Exercise requirements: Set down the data that follows again, exactly as written.

Input records:
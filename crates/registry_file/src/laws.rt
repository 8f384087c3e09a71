//! A law about registries, for the proofs of callers.

ghost use Rattle.registry_file.specs.File.{CrashesAreOpened};

/// Whatever a crash in a put leaves is opened by the next start, unless memory runs out or the device fails. The
/// registry then keeps what was kept before the record, or after it.
pub fn crashes_are_opened()
    ensures { CrashesAreOpened }
{}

Result of this exercise:
filename crates/registry_file/src/laws.rt
repository 8f384087c3e09a71
//! A law about registries, for the proofs of callers.

ghost use Rattle.registry_file.specs.File.{CrashesAreOpened};

/// Whatever a crash in a put leaves is opened by the next start, unless memory runs out or the device fails. The
/// registry then keeps what was kept before the record, or after it.
pub fn crashes_are_opened()
    ensures { CrashesAreOpened }
{}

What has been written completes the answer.